Photo Credit: Corbett vs. Dempsey
How Artist Cauleen Smith's Newest LA Exhibit Celebrates Black Women
From April 1st to October 31st, Los Angeles County Museum of Art (LACMA) will be hosting an exhibit for prominent Black experimental artist, Cauleen Smith. Curated by Rita Gonzalez, the acclaimed California artist has used a multitude of artistic mediums to visualize all facets of Black expression, specifically within the United States. Her first film, Drylongso was well-received by major film festivals including the Sundance Film Festival, and this film debut certainly left a great imprint for Smith’s future work.
“Give It or Leave It” is the title of the installation that Cauleen Smith will be holding at LACMA from Spring to Fall 2021. It is a play off of the colloquial phrase, “Take It or Leave It.” Smith’s entire set-up invokes a widespread of different emotions from several different artists which Smith installed their different mediums of art in her exhibition space.
Smith is more concerned with the artistic idea of re-arranging different artifacts from the past to create a new meaning, since her art is an immersive experience itself.

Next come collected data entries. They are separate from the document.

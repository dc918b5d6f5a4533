// The calls on text scores that play nothing, as C has them: a number that is 0, a length or minus a refusal's number.
// `tono` exports them.
#![tactic(auto)]

ghost use Rattle.tono_text.specs.CueSheet.{SheetReturned};
ghost use Rattle.tono_text.specs.Planned.{PlanReturned};

// Puts the draws that the text score `score` would make into `draws`, and returns 0. A refused score returns minus the
// refusal's number, and changes nothing. The draw at which each note begins is still reckoned in list order.
pub fn plan(score: &[u8], draws: &mut u64) -> i64
    ensures { PlanReturned score.now draws.old result draws.new }
{
    let mut words = text_judge::words_buffer();
    match text_plan::plan_text(score, &mut words) {
        Ok((_, total)) => {
            *draws = total;
            0
        }
        Err(number) => returned::minus_number(number),
    }
}

// Writes the cue sheet of the text score `score` at the start of `page`, and returns its length in bytes; the
// bytes after it stay. A refused call returns minus the refusal's number, and changes nothing.
pub fn cue_sheet(score: &[u8], page: &mut [u8]) -> i64
    ensures { SheetReturned score.now page.old result page.new }
{
    match text_sheet::sheet_text(score, page) {
        Ok(length) => returned::length_as_i64(length),
        Err(refusal) => returned::minus_number(refusal),
    }
}
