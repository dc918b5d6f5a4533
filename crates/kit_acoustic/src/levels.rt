// The drums that are noise and no more, whose levels need only the frames' times, and the cowbell, whose samples
// do: they stand for its levels.
ghost use Rattle.std.specs.Prelude.{◌≡◌, ◌+◌, ◌≤◌, length};
ghost use Rattle.std.specs.Float.{nan};
ghost use Rattle.blocks.proofs.Block.{Tabled};
ghost use Rattle.osc.specs.Phase.{seconds};
ghost use Rattle.kit_acoustic.specs.Block.{open_hat_mix, acoustic_open_hat_level, acoustic_block_level};

use crate::clap::clap_levels;
use drum::Drum;
use frame_block::{decays_before, table, zeros_before};
use voice_cowbell::cowbell_before;

fn open_hat_mix(slow: f32, fast: f32) -> f32
    ensures { result ≡ open_hat_mix slow fast }
{
    0.85 * slow + 0.15 * fast
}

fn open_hat_levels(srf: f32, from: usize, end: usize, a: &mut [f32; 64])
    requires from_le_end { (from ≤ end) × (end ≤ from + 64) × (end ≤ 16777216) }
    requires a_len { length a.old ≡ 64 }
    ensures { (length a.new ≡ 64) × Tabled (λ i. acoustic_open_hat_level (seconds srf i)) nan from end a.new }
{
    let mut slow = [0.0f32; 64];
    let mut fast = [0.0f32; 64];
    decays_before(srf, 0.32, from, end, &mut slow);
    decays_before(srf, 0.08, from, end, &mut fast);
    table(0, 64, a, |i| open_hat_mix(slow[i], fast[i]));
}

// In the frames from `from` on and before `end`.
pub fn levels(drum: Drum, srf: f32, from: usize, end: usize, a: &mut [f32; 64])
    requires from_le_end { (from ≤ end) × (end ≤ from + 64) × (end ≤ 16777216) }
    requires a_len { length a.old ≡ 64 }
    ensures { (length a.new ≡ 64) × Tabled (λ i. acoustic_block_level drum (seconds srf i)) nan from end a.new }
{
    match drum {
        Drum::Clap => clap_levels(srf, from, end, a),
        Drum::ClosedHat => decays_before(srf, 0.032, from, end, a),
        Drum::OpenHat => open_hat_levels(srf, from, end, a),
        Drum::Cowbell => cowbell_before(540.0, srf, from, end, a),
        Drum::Unmapped => decays_before(srf, 0.08, from, end, a),
        _ => zeros_before(from, end, a),
    }
}
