// Kick, snare, rim, toms and the unmapped. A frame function takes the time t or the level of its
// frame, the filters' coefficients and the state before it.
ghost use Rattle.std.specs.Prelude.{◌≡◌};
ghost use Rattle.kit_acoustic.specs.Drums.{acoustic_knock, acoustic_kick, acoustic_snare, acoustic_rim, acoustic_tom};
ghost use Rattle.kit_acoustic.specs.Block.{acoustic_unmapped_by};

use osc::Out;
use rng::Rng;

// A one-pole filter's step, by its corner frequency in hertz.
#[derive(Clone, Copy)]
pub struct Coefficients {
    pub a400: f32,
    pub a900: f32,
    pub a2000: f32,
    pub a2500: f32,
    pub a3000: f32,
    pub a3500: f32,
    pub a4000: f32,
    pub a6500: f32,
    pub a7000: f32,
    pub a8000: f32,
    pub a11000: f32,
    pub a12000: f32,
}

// The memories of three filters, the phases of the thumps, and the generator.
#[derive(Clone, Copy)]
pub struct AcousticState {
    pub lpa: f32,
    pub lpb: f32,
    pub hpa: f32,
    pub phase: f32,
    pub phase2: f32,
    pub rng: Rng,
}

// What a kick's beater adds, the filter's memory and the generator after it.
#[derive(Clone, Copy)]
pub struct Knock {
    pub click: f32,
    pub lpa: f32,
    pub rng: Rng,
}

// A beater's knock: highpassed noise and a tick for 18 milliseconds, and after that no draw.
fn beater_knock(k: Coefficients, t: f32, past: f32, rng: Rng) -> Knock
    ensures { result ≡ acoustic_knock k t past rng }
{
    if t < 0.018 {
        let w = rng.bi();
        let lpa = past + k.a3000 * (w.value - past);
        let tick = dsp::sin(dsp::TAU * 2600.0 * t) * dsp::exp(-t / 0.004);
        return Knock {
            click: (w.value - lpa) * 0.50 * dsp::exp(-t / 0.007) + 0.28 * tick,
            lpa,
            rng: w.rng,
        };
    }
    Knock {
        click: 0.0,
        lpa: past,
        rng,
    }
}

// A thump whose pitch falls fast, and the knock.
pub fn kick(k: Coefficients, srf: f32, t: f32, s: AcousticState) -> Out<AcousticState>
    ensures { result ≡ acoustic_kick k srf t s }
{
    let fk = 48.0 + 140.0 * dsp::exp(-t / 0.028);
    let phase = osc::wrap(s.phase + fk / srf);
    let body = dsp::sin(dsp::TAU * phase) * dsp::exp(-t / 0.16);
    let knock = beater_knock(k, t, s.lpa, s.rng);
    Out {
        sample: 0.90 * body + knock.click,
        state: AcousticState {
            lpa: knock.lpa,
            phase,
            rng: knock.rng,
            ..s
        },
    }
}

// A head tuned to two modes, a crack and the wires' buzz.
pub fn snare(k: Coefficients, t: f32, s: AcousticState) -> Out<AcousticState>
    ensures { result ≡ acoustic_snare k t s }
{
    let w = s.rng.bi();
    let m1 = dsp::sin(dsp::TAU * 185.0 * t) * 0.48 * dsp::exp(-t / 0.10);
    let m2 = dsp::sin(dsp::TAU * 330.0 * t) * 0.26 * dsp::exp(-t / 0.07);
    let lpa = s.lpa + k.a3500 * (w.value - s.lpa);
    let crack = (w.value - lpa) * 0.55 * dsp::exp(-t / 0.035);
    let lpb = s.lpb + k.a2500 * (w.value - s.lpb);
    let hpa = s.hpa + k.a400 * (lpb - s.hpa);
    let buzz = (lpb - hpa) * 0.40 * dsp::exp(-t / 0.13);
    Out {
        sample: m1 + m2 + crack + buzz,
        state: AcousticState {
            lpa,
            lpb,
            hpa,
            rng: w.rng,
            ..s
        },
    }
}

// A stick's snap, its ring and a knock.
pub fn rim(k: Coefficients, t: f32, s: AcousticState) -> Out<AcousticState>
    ensures { result ≡ acoustic_rim k t s }
{
    let w = s.rng.bi();
    let lpa = s.lpa + k.a4000 * (w.value - s.lpa);
    let snap = (w.value - lpa) * 0.50 * dsp::exp(-t / 0.012);
    let ring = dsp::sin(dsp::TAU * 1700.0 * t) * 0.35 * dsp::exp(-t / 0.008);
    let knock = dsp::sin(dsp::TAU * 420.0 * t) * 0.30 * dsp::exp(-t / 0.03);
    Out {
        sample: snap + ring + knock,
        state: AcousticState {
            lpa,
            rng: w.rng,
            ..s
        },
    }
}

// A head's fundamental and its next mode, and the stick; `above` is the number less 41.
pub fn tom(above: f32, k: Coefficients, srf: f32, t: f32, s: AcousticState) -> Out<AcousticState>
    ensures { result ≡ acoustic_tom above k srf t s }
{
    let base = 80.0 + 24.0 * above;
    let ft = base * (1.0 - 0.12 * float::min_f32(t / 0.25, 1.0));
    let phase = osc::wrap(s.phase + ft / srf);
    let phase2 = osc::wrap(s.phase2 + 1.59 * ft / srf);
    let fund = dsp::sin(dsp::TAU * phase) * dsp::exp(-t / 0.35);
    let mode = dsp::sin(dsp::TAU * phase2) * 0.30 * dsp::exp(-t / 0.14);
    let w = s.rng.bi();
    let lpa = s.lpa + k.a2000 * (w.value - s.lpa);
    let stick = (w.value - lpa) * 0.18 * dsp::exp(-t / 0.008);
    Out {
        sample: 0.85 * fund + mode + stick,
        state: AcousticState {
            lpa,
            phase,
            phase2,
            rng: w.rng,
            ..s
        },
    }
}

// Any other number: noise, half of it lowpassed, at its level.
pub fn unmapped(level: f32, k: Coefficients, s: AcousticState) -> Out<AcousticState>
    ensures { result ≡ acoustic_unmapped_by level k s }
{
    let w = s.rng.bi();
    let lpa = s.lpa + k.a4000 * (w.value - s.lpa);
    Out {
        sample: (0.5 * w.value + 0.5 * lpa) * level,
        state: AcousticState {
            lpa,
            rng: w.rng,
            ..s
        },
    }
}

Located at the entry base level of the popular Los Angeles-based modern art museum, Cauleen Smith’s sensory gallery transports the viewer into a Black cultural space of historical significance. The exhibit includes 5 videos either reflected through projection or replayed on wall-mounted monitors.

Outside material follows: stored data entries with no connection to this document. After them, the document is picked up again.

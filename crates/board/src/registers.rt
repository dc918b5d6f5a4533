// The board: control, underrun and low-water mark, and the queue. Status and fill are read off
// these.
ghost use Rattle.std.specs.Prelude.{◌≡◌, cond, ◌≤◌};
ghost use Rattle.board.specs.Registers.{registers, opened, digit, low, full, status_of, byte_at, interrupt_of};
ghost use Rattle.board.specs.Write.{stored, sampled, write_of, written};
ghost use Rattle.board.specs.Tick.{Ticks};

use crate::answer::WriteRefusal;
use crate::queue::Queue;
use crate::shape::{byte_for, covered, is_permitted, is_sample, sample_of};

#[derive(Clone, Copy)]
pub struct Board {
    queue: Queue,
    run: bool,
    enable: bool,
    underrun: bool,
    mark: u8,
}

// The board after a write, and what the write came to.
#[derive(Clone, Copy)]
pub struct Write {
    pub board: Board,
    pub outcome: Result<(), WriteRefusal>,
}

// The board after a tick, and the sample that it played.
#[derive(Clone, Copy)]
pub struct Tick {
    pub board: Board,
    pub sample: u32,
}

fn wide(byte: u8) -> usize
    ensures { result ≡ byte }
{
    byte as usize
}

fn digit(on: bool) -> u8
    ensures value { result ≡ digit on }
    ensures upper_bound { result ≤ 1 }
{
    if on { 1 } else { 0 }
}

fn pick<T: Copy + Drop>(first: bool, a: T, b: T) -> T
    ensures { result ≡ cond first a b }
{
    if first { a } else { b }
}

impl Board {
    pub fn new() -> Board
        ensures { registers result ≡ opened }
    {
        let queue = Queue::new();
        Board {
            queue,
            run: false,
            enable: false,
            underrun: false,
            mark: 0,
        }
    }

    fn is_low(self) -> bool
        ensures { result ≡ low (registers self) }
    {
        let queue = self.queue;
        queue.fill() < wide(self.mark)
    }

    fn is_full(self) -> bool
        ensures { result ≡ full (registers self) }
    {
        let queue = self.queue;
        queue.fill() == 64
    }

    fn status(self) -> u8
        ensures { result ≡ status_of (registers self) }
    {
        digit(self.is_low()) + 2 * digit(self.underrun) + 4 * digit(self.is_full())
    }

    pub fn read(self, place: u32) -> u8
        ensures { result ≡ byte_at (registers self) place }
    {
        if place == 0 {
            return digit(self.run) + 2 * digit(self.enable);
        }
        if place == 1 {
            return self.status();
        }
        if place == 2 {
            return self.mark;
        }
        if place == 3 {
            let queue = self.queue;
            return queue.fill() as u8;
        }
        0
    }

    // With the bytes of a permitted write in the registers that it covers.
    fn stored(self, place: u32, bytes: &[u8]) -> Board
        ensures { registers result ≡ stored (registers self) place bytes.now }
    {
        let control = byte_for(place, bytes, 0);
        let status = byte_for(place, bytes, 1);
        let to_control = covered(place, bytes, 0);
        let to_mark = covered(place, bytes, 2);
        let queue = self.queue;
        Board {
            queue,
            run: pick(to_control, control % 2 == 1, self.run),
            enable: pick(to_control, control / 2 % 2 == 1, self.enable),
            underrun: pick(status / 2 % 2 == 1, false, self.underrun),
            mark: pick(to_mark, byte_for(place, bytes, 2), self.mark),
        }
    }

    fn queued(self, sample: u32) -> Write
        ensures { written result ≡ sampled (registers self) sample }
    {
        if self.is_full() {
            return Write {
                board: self,
                outcome: Err(WriteRefusal::QueueFull),
            };
        }
        let queue = self.queue;
        let longer = queue.put(sample);
        let board = Board {
            queue: longer,
            run: self.run,
            enable: self.enable,
            underrun: self.underrun,
            mark: self.mark,
        };
        Write {
            board,
            outcome: Ok(()),
        }
    }

    // Takes the write whole or, where it is refused, leaves the board as it was.
    pub fn write(self, place: u32, bytes: &[u8]) -> Write
        ensures { written result ≡ write_of (registers self) place bytes.now }
    {
        if is_sample(place, bytes) {
            return self.queued(sample_of(bytes));
        }
        if is_permitted(place, bytes) {
            let board = self.stored(place, bytes);
            return Write {
                board,
                outcome: Ok(()),
            };
        }
        Write {
            board: self,
            outcome: Err(WriteRefusal::Invalid),
        }
    }

    // One sample time: what the converter plays, as f32 bits.
    pub fn tick(mut self) -> Tick
        ensures { Ticks self result }
    {
        if !self.run {
            return Tick {
                board: self,
                sample: 0,
            };
        }
        let queue = self.queue;
        if queue.fill() == 0 {
            self.underrun = true;
            return Tick {
                board: self,
                sample: 0,
            };
        }
        let taken = queue.take();
        let rest = taken.queue;
        self.queue = rest;
        Tick {
            board: self,
            sample: taken.sample,
        }
    }

    pub fn interrupt(self) -> bool
        ensures { result ≡ interrupt_of (registers self) }
    {
        if self.enable {
            return self.status() % 4 != 0;
        }
        false
    }
}
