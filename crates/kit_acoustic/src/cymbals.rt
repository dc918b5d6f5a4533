// Hats, crash and ride: noise in three bands, and the metal's partials.
ghost use Rattle.std.specs.Prelude.{◌≡◌};
ghost use Rattle.kit_acoustic.specs.Cymbals.{acoustic_crash, acoustic_ride};
ghost use Rattle.kit_acoustic.specs.Block.{acoustic_hat_by};

use crate::drums::{AcousticState, Coefficients};
use osc::Out;

// Both hats: the noise above a filter and the shimmer between two, each by its share.
pub fn hat(
    hiss: f32,
    shine: f32,
    level: f32,
    k: Coefficients,
    s: AcousticState,
) -> Out<AcousticState>
    ensures { result ≡ acoustic_hat_by hiss shine level k s }
{
    let w = s.rng.bi();
    let lpa = s.lpa + k.a11000 * (w.value - s.lpa);
    let hpa = s.hpa + k.a8000 * (lpa - s.hpa);
    let shimmer = lpa - hpa;
    let lpb = s.lpb + k.a6500 * (w.value - s.lpb);
    Out {
        sample: (hiss * (w.value - lpb) + shine * shimmer) * level,
        state: AcousticState {
            lpa,
            lpb,
            hpa,
            rng: w.rng,
            ..s
        },
    }
}

// A wash, a shine that wavers 6 times a second, and the first clash.
pub fn crash(k: Coefficients, t: f32, s: AcousticState) -> Out<AcousticState>
    ensures { result ≡ acoustic_crash k t s }
{
    let w = s.rng.bi();
    let lpa = s.lpa + k.a2500 * (w.value - s.lpa);
    let wash = (w.value - lpa) * 0.60 * dsp::exp(-t / 0.90);
    let lpb = s.lpb + k.a12000 * (w.value - s.lpb);
    let hpa = s.hpa + k.a7000 * (lpb - s.hpa);
    let lfo = 0.6 + 0.4 * dsp::sin(dsp::TAU * 6.0 * t);
    let shine = (lpb - hpa) * lfo * 0.50 * dsp::exp(-t / 0.70);
    let partials = dsp::sin(dsp::TAU * 3300.0 * t)
        + dsp::sin(dsp::TAU * 5240.0 * t)
        + dsp::sin(dsp::TAU * 8130.0 * t);
    let clash = partials * 0.06 * dsp::exp(-t / 0.22);
    Out {
        sample: wash + shine + clash,
        state: AcousticState {
            lpa,
            lpb,
            hpa,
            rng: w.rng,
            ..s
        },
    }
}

// A wash, a shine, and the bell's ping.
pub fn ride(k: Coefficients, t: f32, s: AcousticState) -> Out<AcousticState>
    ensures { result ≡ acoustic_ride k t s }
{
    let w = s.rng.bi();
    let lpa = s.lpa + k.a3000 * (w.value - s.lpa);
    let wash = (w.value - lpa) * 0.45 * dsp::exp(-t / 0.55);
    let lpb = s.lpb + k.a12000 * (w.value - s.lpb);
    let hpa = s.hpa + k.a8000 * (lpb - s.hpa);
    let shine = (lpb - hpa) * 0.40 * dsp::exp(-t / 0.40);
    let partials = dsp::sin(dsp::TAU * 2100.0 * t) * 0.5
        + dsp::sin(dsp::TAU * 3170.0 * t) * 0.3
        + dsp::sin(dsp::TAU * 4200.0 * t) * 0.2;
    let ping = partials * dsp::exp(-t / 0.30);
    Out {
        sample: 0.50 * ping + wash + shine,
        state: AcousticState {
            lpa,
            lpb,
            hpa,
            rng: w.rng,
            ..s
        },
    }
}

The videos show Black women navigating through their daily lives, and the audio layered over the screenings concerned the rawness and vulnerability that most marginalized Black women feel living in the United States. The other 9 installations involve African art statues, potted plants, and even a large crow figure that are carefully decorated around the table of projectors.
Plastered on the corner of the middle wall within the three connecting rooms is the astounding statement, “Afflict the comfortable, Comfort the afflicted.” This is tied to Smith’s inner emotions and personal experience of being a Black woman growing up in California.

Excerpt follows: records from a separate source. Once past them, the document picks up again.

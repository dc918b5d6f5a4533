// The samples that wait, first in, first out: 64 places in a ring, so that neither end ever moves
// the samples between.
ghost use Rattle.std.specs.Prelude.{◌≡◌, [], ◌∷◌, ◌++◌, ◌+◌, ◌%◌, ◌<◌, length};
ghost use Rattle.board.specs.Queue.{waiting};

// `pub`, since a board that other crates hold has one within; they can do nothing with it.
#[derive(Clone, Copy)]
pub struct Queue {
    // Samples as f32 bit patterns, so that a NaN keeps its bits.
    places: [u32; 64],
    // The place of the oldest sample, modulo 64.
    oldest: usize,
    // How many wait. No call leaves more than 64; a larger number counts as 64.
    count: usize,
}

// The oldest sample, and the queue without it.
#[derive(Clone, Copy)]
pub(crate) struct Taken {
    pub(crate) queue: Queue,
    pub(crate) sample: u32,
}

impl Queue {
    pub(crate) fn new() -> Queue
        ensures { waiting result ≡ [] }
    {
        Queue {
            places: [0; 64],
            oldest: 0,
            count: 0,
        }
    }

    pub(crate) fn fill(self) -> usize
        ensures { result ≡ length (waiting self) }
    {
        if self.count < 64 { self.count } else { 64 }
    }

    // The place of the k-th sample that waits, the oldest being the 0th.
    fn place(self, k: usize) -> usize
        ensures { result ≡ (self.oldest + k) % 64 }
    {
        (self.oldest % 64 + k % 64) % 64
    }

    // With one sample more, behind those that wait.
    pub(crate) fn put(mut self, sample: u32) -> Queue
        requires { length (waiting self) < 64 }
        ensures { waiting result ≡ waiting self ++ (sample ∷ []) }
    {
        let fill = self.fill();
        let next = self.place(fill);
        self.places[next] = sample;
        self.count = fill + 1;
        self
    }

    pub(crate) fn take(mut self) -> Taken
        requires { 0 < length (waiting self) }
        ensures { waiting self ≡ result.sample ∷ waiting result.queue }
    {
        let fill = self.fill();
        let others = fill - 1;
        let first = self.place(0);
        let sample = self.places[first];
        self.oldest = self.place(1);
        self.count = others;
        Taken {
            queue: self,
            sample,
        }
    }
}
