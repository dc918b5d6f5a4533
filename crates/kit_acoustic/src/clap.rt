// The clap: noise in a band, in four bursts 9 milliseconds apart, and a tail. Its level needs only the
// frames' times.
ghost use Rattle.std.specs.Prelude.{◌≡◌, ◌+◌, ◌-◌, ◌≤◌, length};
ghost use Rattle.std.specs.Float.{nan};
ghost use Rattle.blocks.proofs.Block.{Tabled};
ghost use Rattle.osc.specs.Phase.{seconds};
ghost use Rattle.kit_acoustic.specs.Clap.{burst_of};
ghost use Rattle.kit_acoustic.specs.Block.{burst_argument, heard_of, clap_mix, acoustic_clap_level, acoustic_clap_by};

use crate::drums::{AcousticState, Coefficients};
use frame_block::{decays_before, table};
use kit_parts::at_times;
use osc::Out;

// A burst that starts at d.
fn burst(t: f32, d: f32) -> f32
    ensures { result ≡ burst_of t d }
{
    if t >= d {
        return dsp::exp(-(t - d) / 0.009);
    }
    0.0
}

// The argument of its exponential.
fn burst_argument(t: f32, d: f32) -> f32
    ensures { result ≡ burst_argument t d }
{
    -(t - d) / 0.009
}

// A burst by its exponential e, which is not heard before d.
fn heard(t: f32, d: f32, e: f32) -> f32
    ensures { result ≡ heard_of t d e }
{
    if t >= d { e } else { 0.0 }
}

// The exponentials of a whole block, and of them those that are heard.
fn bursts_whole(srf: f32, d: f32, from: usize, end: usize, a: &mut [f32; 64])
    requires from_le_end { (from ≤ end) × (end ≤ from + 64) × (end ≤ 16777216) }
    requires a_len { length a.old ≡ 64 }
    ensures { (length a.new ≡ 64) × Tabled (λ i. burst_of (seconds srf i) d) nan from end a.new }
{
    let mut x = [0.0f32; 64];
    let mut e = [0.0f32; 64];
    at_times(srf, from, end, &mut x, |_, t| burst_argument(t, d));
    frame_block::exps_before(&x, end - from, &mut e);
    at_times(srf, from, end, a, |i, t| heard(t, d, e[i - from]));
}

// A burst in the frames of a block. Before it starts there is nothing to work out.
fn bursts(srf: f32, d: f32, from: usize, end: usize, a: &mut [f32; 64])
    requires from_le_end { (from ≤ end) × (end ≤ from + 64) × (end ≤ 16777216) }
    requires a_len { length a.old ≡ 64 }
    ensures { (length a.new ≡ 64) × Tabled (λ i. burst_of (seconds srf i) d) nan from end a.new }
{
    if osc::frame_time(from, srf) >= d {
        bursts_whole(srf, d, from, end, a);
    } else {
        at_times(srf, from, end, a, |_, t| burst(t, d));
    }
}

fn clap_mix(b1: f32, b2: f32, b3: f32, b4: f32, tail: f32) -> f32
    ensures { result ≡ clap_mix b1 b2 b3 b4 tail }
{
    0.90 * float::min_f32(b1 + b2 + b3 + b4, 1.0) + 0.35 * tail
}

// In the frames from `from` on and before `end`.
pub fn clap_levels(srf: f32, from: usize, end: usize, a: &mut [f32; 64])
    requires from_le_end { (from ≤ end) × (end ≤ from + 64) × (end ≤ 16777216) }
    requires a_len { length a.old ≡ 64 }
    ensures { (length a.new ≡ 64) × Tabled (λ i. acoustic_clap_level (seconds srf i)) nan from end a.new }
{
    let mut b1 = [0.0f32; 64];
    let mut b2 = [0.0f32; 64];
    let mut b3 = [0.0f32; 64];
    let mut b4 = [0.0f32; 64];
    let mut tail = [0.0f32; 64];
    bursts(srf, 0.0, from, end, &mut b1);
    bursts(srf, 0.009, from, end, &mut b2);
    bursts(srf, 0.018, from, end, &mut b3);
    bursts(srf, 0.027, from, end, &mut b4);
    decays_before(srf, 0.10, from, end, &mut tail);
    table(0, 64, a, |i| clap_mix(b1[i], b2[i], b3[i], b4[i], tail[i]));
}

pub fn clap(level: f32, k: Coefficients, s: AcousticState) -> Out<AcousticState>
    ensures { result ≡ acoustic_clap_by level k s }
{
    let w = s.rng.bi();
    let lpa = s.lpa + k.a2500 * (w.value - s.lpa);
    let hpa = s.hpa + k.a900 * (lpa - s.hpa);
    let band = lpa - hpa;
    Out {
        sample: band * level,
        state: AcousticState {
            lpa,
            hpa,
            rng: w.rng,
            ..s
        },
    }
}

Black women have been pushed aside throughout history due to the patriarchal European standards that stem from white supremacy in the United States. This country’s foundation based on discrimination and prejudice has left Black women most vulnerable compared to other demographics, and the quotation above Smith’s installation highlights the same sentiments.

Throughout the audio taping, the viewer can hear the echoes of a Black woman uplifting her community and exemplifying the harsh American truths behind the Black woman experience.
Smith has had her thought-provoking exhibitions displayed across the United States, including the New Museum and the Museum of Contemporary Art, Chicago. She is a pillar in defining and visualizing the contemporary Black woman through her various mediums of art, and collaborates with other Black artists to produce an artistic space of cultural recognition and intimate captures of Black life.
The violet and blue hued dim lights that brighten up the LACMA space gives Smith’s exhibition a vibrant feeling of invitation. Once you enter, you quickly realize it is an installation full of Black relics and mementos that showcase the normalcy of Black family life and community. The shimmering wallpaper underneath the nailed photo captured by photojournalist Bill Ray at Watts Towers provides a simpler glimpse into Black lives in the 1960s.
Also, Smith’s gallery space highlights work from queer spiritualist, Rebecca Cox Jackson and dessert artist, Noah Purifoy.